A escassez!

A psicologia evolutiva prevê que a atratividade de qualquer bem ou objeto é inversamente proporcional à sua disponibilidade. E porquê? Porque, por um lado, normalmente queremos mais aquilo que menos podemos ter e, por outro, a escassez está associada à perda e esta é vivida como significando uma ameaça à nossa sobrevivência.

Isto significa também que basta a simples perceção ou a crença numa possível escassez surgir, mesmo que não seja real, para ativar nos seres humanos o sentimento de perda e fazê-los agir em conformidade, tornando real nas consequências a própria profecia.

Esta proposição sociológica das profecias que se auto concretizam é bastante antiga e prevê o seguinte: se e quando as pessoas definem as situações como reais, estas tornam-se reais nas suas consequências!

No fundo, continuamos a ser e a agir como primatas.

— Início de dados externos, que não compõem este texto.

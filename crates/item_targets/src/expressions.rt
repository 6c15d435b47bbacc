//! The calls and signals in expressions that reach nothing and have no default, in the order of the text.

ghost use Rattle.nesc_tree.specs.View.{expr_of, exprs_of};
ghost use Rattle.body_meaning.specs.View.{maybe_of};
ghost use Rattle.item_targets.specs.Search.{Adds};
ghost use Rattle.item_targets.specs.Walk.{expr_at, exprs_at, maybe_at};

use crate::calls::add_call;
use crate::elements::Reaches;
use crate::search::Search;
use crate::walk::Walk;
use nesc_tree::Expr;
use nm_base::{Boxed, List, NoMemory};

/// Adds those in an expression.
#[cycle(expressions)]
#[tactic(auto, unfolding(crate::specs::Search::Adds))]
pub(crate) fn in_expr<R: Reaches>(
    walk: &Walk<'_, R>,
    search: &mut Search,
    e: &Expr,
) -> Result<(), NoMemory>
    ensures { Adds result (expr_at R.reach walk.now (expr_of e.now)) search.old search.new }
{
    match e {
        Expr::Name(_, _) => Ok(()),
        Expr::Number(_, _) => Ok(()),
        Expr::Char(_, _) => Ok(()),
        Expr::Null(_) => Ok(()),
        Expr::Unique(_, _) => Ok(()),
        Expr::UniqueCount(_, _) => Ok(()),
        Expr::SizeOfType(_, _) => Ok(()),
        Expr::Post(_, _) => Ok(()),
        Expr::Unary(_, a, _) => in_expr(walk, search, a.get()),
        Expr::Postfix(_, a, _) => in_expr(walk, search, a.get()),
        Expr::Binary(_, a, b, _) => {
            in_expr(walk, search, a.get())?;
            in_expr(walk, search, b.get())
        }
        Expr::Assign(_, a, b, _) => {
            in_expr(walk, search, a.get())?;
            in_expr(walk, search, b.get())
        }
        Expr::Cond(a, b, c, _) => {
            in_expr(walk, search, a.get())?;
            in_expr(walk, search, b.get())?;
            in_expr(walk, search, c.get())
        }
        Expr::Comma(a, b, _) => {
            in_expr(walk, search, a.get())?;
            in_expr(walk, search, b.get())
        }
        Expr::Cast(_, a, _) => in_expr(walk, search, a.get()),
        Expr::SizeOfExpr(a, _) => in_expr(walk, search, a.get()),
        Expr::Index(a, i, _) => {
            in_expr(walk, search, a.get())?;
            in_expr(walk, search, i.get())
        }
        Expr::Member(a, _, _) => in_expr(walk, search, a.get()),
        Expr::Arrow(a, _, _) => in_expr(walk, search, a.get()),
        Expr::CallFn(f, args, _) => {
            in_expr(walk, search, f.get())?;
            in_list(walk, search, args)
        }
        Expr::CallItem {
            signal,
            element,
            item,
            param,
            args,
            pos,
        } => {
            add_call(walk, search, *signal, element, item, param, *pos)?;
            in_bracket(walk, search, param)?;
            in_list(walk, search, args)
        }
        Expr::PortRead(p, _) => in_expr(walk, search, p.get()),
        Expr::PortWrite(p, a, _) => {
            in_expr(walk, search, p.get())?;
            in_expr(walk, search, a.get())
        }
    }
}

#[cycle(expressions)]
#[tactic(auto, unfolding(crate::specs::Search::Adds))]
fn in_list<R: Reaches>(
    walk: &Walk<'_, R>,
    search: &mut Search,
    list: &List<Expr>,
) -> Result<(), NoMemory>
    ensures { Adds result (exprs_at R.reach walk.now (exprs_of list.now)) search.old search.new }
{
    for e in list.as_slice() {
        in_expr(walk, search, e)?;
    }
    Ok(())
}

#[cycle(expressions)]
#[tactic(auto, unfolding(crate::specs::Search::Adds, crate::specs::Walk::expr_at, crate::specs::Walk::maybe_at))]
fn in_bracket<R: Reaches>(
    walk: &Walk<'_, R>,
    search: &mut Search,
    param: &Option<Boxed<Expr>>,
) -> Result<(), NoMemory>
    ensures { Adds result (maybe_at R.reach walk.now (maybe_of param.now)) search.old search.new }
{
    match param {
        None => Ok(()),
        Some(e) => in_expr(walk, search, e.get()),
    }
}

/// Adds those in an expression, if there is one.
#[tactic(auto, unfolding(crate::specs::Search::Adds, crate::specs::Walk::expr_at, crate::specs::Walk::maybe_at))]
pub(crate) fn in_value<R: Reaches>(
    walk: &Walk<'_, R>,
    search: &mut Search,
    value: &Option<Expr>,
) -> Result<(), NoMemory>
    ensures { Adds result (maybe_at R.reach walk.now (maybe_of value.now)) search.old search.new }
{
    match value {
        None => Ok(()),
        Some(e) => in_expr(walk, search, e),
    }
}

Certo que somos seres culturais mas não deixámos de ser também biológicos e a biologia constitui as fundações do nosso comportamento, razão pela qual os fenómenos humanos, embora sejam sociais nos seus fins e mentais nos seus meios, são sempre biológicos nas suas raízes (Piaget).

Continuamos a ser máquinas biológicas com características muito particulares. Somos máquina que se emocionam, sentem e... também pensam.

Sempre que sentimos ou percecionamos uma possível escassez, agimos como se ela existisse mesmo. Nas suas consequências a escassez tende a tornar-se real.

Por outras palavras, agindo nesta conformidade, somos nós próprios quem produz a escassez porque passamos a funcionar numa lógica de estrita sobrevivência e de custo-benefício a ela associada.

Este comportamento põe novamente em evidência mais um desfasamento entre a nossa psicologia evolutiva de um cérebro esculpido e adaptado à Savana e o novo ambiente em que vivemos.

Afinal, o papel higiénico não vai acabar, a não ser que nós o façamos acabar!

Pense nisso!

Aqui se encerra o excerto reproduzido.